Because plugins run under their own process. Not subject to the sandboxing you'd find in Chrome/Safari for instance. Plugins are given pretty high trust.
I always browse with all plugins and java disabled. If a site uses Flash, I typically will just move on unless it's something absolutely essential to what I'm doing. Surprising how many sites that use Flash don't have any usable fallback for clients that don't support it or have it disabled.
I don't think I've come across a Java applet in the last 5 years. I see NO need to allow Java in the browser unless it's for a trusted, internal-use application.
Good move. I suppose the most vulnerable are those driving desks being forced to use IE7, Standard Operating Environment that runs these plugins or some internal business application requires them.
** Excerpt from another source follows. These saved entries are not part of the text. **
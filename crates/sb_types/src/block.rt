//! Blocks: parts of one owner's writes.

ghost use Rattle.std.specs.Prelude.{◌≡◌, ◌≤◌, ◌+◌, ◌*◌, length, true, if◌then◌else◌, Ok, Err};
ghost use Rattle.std.specs.List.{list_all};
ghost use Rattle.sb_types.specs.Runs.{are_ascending, last_version};
ghost use Rattle.sb_types.specs.Lengths.{entries_length, block_length};
ghost use Rattle.sb_types.specs.Limits.{is_entry, are_block_parts, block_of_parts, is_delta_block};

use crate::distinct::are_keys_distinct;
use crate::fault::Fault;
use crate::format::{
    BLOCK_HEAD_MOST, BYTE_LENGTH, COUNT_LENGTH, ENTRY_LENGTH_MOST, KIND_DELTA, NUMBER_LENGTH,
};
use crate::limits::ENTRIES_MOST;
use crate::shared::SharedEntry;
use crate::text::Name;
use std::marker::Model;

/// A part of one owner's writes: its entries above the version `after`, up to the version `upto`.
///
/// - `upto` is above `after`.
/// - It has at most 65,535 entries, and may have none. They are in ascending version, and each key occurs once.
/// - Its purge floor is the version up to which it leaves out tombstones, the markers of removed keys. The type does
///   not test this: any floor is allowed.
#[derive(Debug, Drop)]
pub struct Block {
    owner: Name,
    floor: u64,
    after: u64,
    upto: u64,
    entries: Vec<SharedEntry>,
    /// How many bytes the entries take in a message.
    length: u64,
}

impl Model for Block {
    ghost use Rattle.std.specs.Prelude.{◌≡◌, ◌≤◌, ◌*◌, true};
    ghost use Rattle.sb_types.specs.Records as records;

    ghost Value = { records.Block };

    ghost use Rattle.sb_types.specs.Lengths.{entries_length};
    ghost use Rattle.sb_types.specs.Limits.{block_of_parts, is_delta_block};
    ghost use Rattle.sb_types.specs.declared.limits.TheConstants.{ENTRIES_MOST};
    ghost use Rattle.sb_types.specs.declared.format.TheConstants.{ENTRY_LENGTH_MOST};

    ghost view = { λ b. block_of_parts b.owner b.floor b.after b.upto b.entries.items };

    ghost invariant = { λ b. (is_delta_block (block_of_parts b.owner b.floor b.after b.upto b.entries.items) ≡ true) × (b.length ≡ entries_length b.entries.items) × (b.length ≤ ENTRY_LENGTH_MOST * ENTRIES_MOST) };
}

/// Returns whether each version is above the one before it, and the first above `after`.
fn are_versions_ascending(after: u64, entries: &[SharedEntry]) -> bool
    ensures { result ≡ are_ascending after entries.now }
{
    let mut last = after;
    for entry in entries {
        let version = entry.version();
        if version <= last {
            return false;
        }
        last = version;
    }
    true
}

/// Returns the version of the last entry, or `after` if there is no entry.
fn last_version(after: u64, entries: &[SharedEntry]) -> u64
    ensures { result ≡ last_version after entries.now }
{
    match entries {
        [.., last] => last.version(),
        [] => after,
    }
}

/// Returns how many bytes the entries take in a message.
fn length_of(entries: &[SharedEntry]) -> u64
    requires { length entries.now ≤ ENTRIES_MOST }
    ensures length { result ≡ entries_length entries.now }
    ensures each { list_all is_entry entries.now ≡ true }
    ensures most { result ≤ ENTRY_LENGTH_MOST * length entries.now }
{
    let mut total = 0;
    for entry in entries {
        total += entry.encoded_length();
    }
    total
}

impl Block {
    /// Makes a block of these parts, for any floor. It takes no memory. If a limit is broken, it drops the entries and
    /// returns `Malformed(KIND_DELTA)`:
    ///
    /// - there are more than 65,535 entries;
    /// - `upto` is not above `after`;
    /// - a version is not above the one before it, or the first is not above `after`;
    /// - the last version is above `upto`;
    /// - two entries have the same key.
    #[tactic(auto, using(crate::proofs::DistinctKeys::ascending_from_zero))]
    pub fn new(
        owner: Name,
        floor: u64,
        after: u64,
        upto: u64,
        mut entries: Vec<SharedEntry>,
    ) -> Result<Block, Fault>
        ensures { result ≡ (if are_block_parts after upto entries.items then Ok (block_of_parts owner floor after upto entries.items) else Err (Fault.Malformed KIND_DELTA)) }
    {
        if entries.len() > ENTRIES_MOST
            || upto <= after
            || !are_versions_ascending(after, &entries)
            || last_version(after, &entries) > upto
            || !are_keys_distinct(&mut entries)
        {
            return Err(Fault::Malformed(KIND_DELTA));
        }
        Ok(Block::from_parts(owner, floor, after, upto, entries))
    }

    /// Makes a block of these parts without a test. The caller has to show that `new` would accept them. It takes no
    /// memory.
    pub fn from_parts(
        owner: Name,
        floor: u64,
        after: u64,
        upto: u64,
        entries: Vec<SharedEntry>,
    ) -> Block
        requires { are_block_parts after upto entries.items ≡ true }
        ensures { result ≡ block_of_parts owner floor after upto entries.items }
    {
        // Proof only: the call shows that the name keeps its limits.
        let _ = owner.bytes();
        let length = length_of(&entries);
        Block {
            owner,
            floor,
            after,
            upto,
            entries,
            length,
        }
    }

    /// Returns whose writes these are.
    pub fn owner(&self) -> &Name
        ensures owner { result.now ≡ self.now.owner }
        ensures block { is_delta_block self.now ≡ true }
    {
        &self.owner
    }

    /// Returns the purge floor. The block leaves out tombstones at or below it, and whoever takes the block drops its
    /// own. It is 0 if the owner never purged.
    pub fn floor(&self) -> u64
        ensures floor { result ≡ self.now.floor }
        ensures block { is_delta_block self.now ≡ true }
    {
        self.floor
    }

    /// Returns the version after which the block begins.
    pub fn after(&self) -> u64
        ensures after { result ≡ self.now.after }
        ensures block { is_delta_block self.now ≡ true }
    {
        self.after
    }

    /// Returns the version up to which the block reaches. It may be above the version of the last entry. Writes between
    /// the two were replaced by later ones, or are tombstones at or below the floor.
    pub fn upto(&self) -> u64
        ensures upto { result ≡ self.now.upto }
        ensures block { is_delta_block self.now ≡ true }
    {
        self.upto
    }

    /// Returns the entries, in ascending version.
    pub fn entries(&self) -> &[SharedEntry]
        ensures entries { result.now ≡ self.now.entries }
        ensures block { is_delta_block self.now ≡ true }
    {
        &self.entries
    }

    /// Returns how many bytes the block takes in a message: its head of 28 to 59, and its entries.
    pub fn encoded_length(&self) -> u64
        ensures length { result ≡ block_length self.now }
        ensures block { is_delta_block self.now ≡ true }
        ensures most { result ≤ ENTRY_LENGTH_MOST * ENTRIES_MOST + BLOCK_HEAD_MOST }
    {
        let owner_length = BYTE_LENGTH + self.owner.bytes().len() as u64;
        owner_length + 3 * NUMBER_LENGTH + COUNT_LENGTH + self.length
    }
}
I decoded the scripts on some recent WordPress blogs that were hacked. It would try to exploit Java first, then Flash if that didn't work, and then a couple other things if I recall correctly.
I went to mysql.com this morning and Symantec popped up with a "malware detected" message. Do we know which browsers are vulnerable, and how to tell whether I'm infected?
Well, currently the malware itself is not detected. OK, some anti-virus solutions detect the piece of malware as suspicious or as a packed executable (which is suspicious of course). But those detections are just based on the inner working of the executable or how it behaves. It's not being detected by anti-virus definitions, that will be a matter of time before anti-virus providers will add definitions for this piece of malware.
In reality - how many people actually downloaded it from the website, rather than running "{yum/apt-get} install mysql-server"? The documentation is a different issue - probably much more popular than downloads themselves.
Seriously, I'm not a fan of Java, but still, a software suite?
Anyway, it's quite hard taking that article seriously after that.